In this dataset, there were two metrics to quantify performance. 
<br>
One was PER (Player Efficiency Rating), which is a per-minute rating of a player's performance. It assigns carefully calculated coefficients to various player stats and aggregates this into a rating. 
<br>
The other was WS (Win Share), which calculates how much a player's performance contributed to a team's success.
<br>
With Yahoo's fantasy basketball league scoring system, I calculated how many fantasy points each player accrued for each season he played (from 1980 to 2019). 
<br>
<br>
Since this is the direct performance claculation for fantasy basketball, determine which NBA metric would be better at predicting this fantasy basketball metric.
<br>
<br>
THE ONE WITH HIGHER CORRELATION TO FANTASY POINTS IS BETTER!!

In [None]:
# Correlation between fantasy points and NBA metrics 
sns.heatmap(df_3p_era[['ws','per','bpm','vorp','ftsy_pts']].corr(), annot=True)
# ff.create_annotated_heatmap(df_3p_era[['ws','per','bpm','vorp','ftsy_pts']].corr())

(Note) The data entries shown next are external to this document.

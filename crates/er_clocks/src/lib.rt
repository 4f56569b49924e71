//! Vector clocks over chains: whether a path leads from one action to another, by one comparison of
//! two numbers.
#![tactic(auto)]

mod chains;
mod clocks;
mod fit;
pub mod laws;
mod list;
mod many;
mod meter;
mod paths;
mod push;
mod row;
mod shared;
pub mod sharing;
mod sources;

pub use chains::Chains;
pub use clocks::Clocks;
pub use meter::Meter;
pub use paths::Paths;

##### Show win share projections for each player

In [None]:
get_projected_ws(recs)

# Comparing all seasons (1980 - 2019)

In [None]:
# Distribution of win shares 
ff.create_distplot([list(data.ws)], ['Win Shares'])

In [None]:
# Just a basic count of players for each season in dataset 
basic_count = data.groupby('season').count()[['player']].reset_index()
p_count_fig = go.Figure(go.Bar(x=basic_count.season, y=basic_count.player))
p_count_fig.show()


In [None]:
# Display trend of positions over the years 
pos_season_df = df_3p_era[df_3p_era.tm != 'TOT'].groupby(['season','pos']).count()[['player']].unstack()

names = list(set(pos_season_df.player.columns))

# create a container for each go.Bar instance
lines = []

# loop through the names list which is each player class 
for i in range(len(names)):
    # dictionary with necessary arguments to graph
    line_dict = dict(name=names[i], x=pos_season_df.index, y=pos_season_df.player[names[i]])
    # add to bars container
    lines.append(line_dict)

# set fig1 to the Figure instance
fig_trend = go.Figure(lines)

fig_trend.update_layout(
    title=go.layout.Title(
        text="Position Trend",
        xref="paper",
        x=0.5,
        y=0.85,
        font=dict(
            size=20)
    ),
    xaxis=go.layout.XAxis(
        title=go.layout.xaxis.Title(
            text="Seasons",
            font=dict(
#                 family="Courier New, monospace",
                size=15,
                color="#7f7f7f"))
    ),
    yaxis=go.layout.YAxis(
        title=go.layout.yaxis.Title(
            text="Position Count",
            font=dict(
#                 family="Courier New, monospace",
                size=15,
                color="#7f7f7f"))))

fig_trend.show()

In [None]:
# Display trend of total stats over the years 
scoring_df = df_3p_era[df_3p_era.tm != 'TOT'].groupby(['season']).sum()[['g','mp','pts','trb','ast','stl','blk','tov','ws']]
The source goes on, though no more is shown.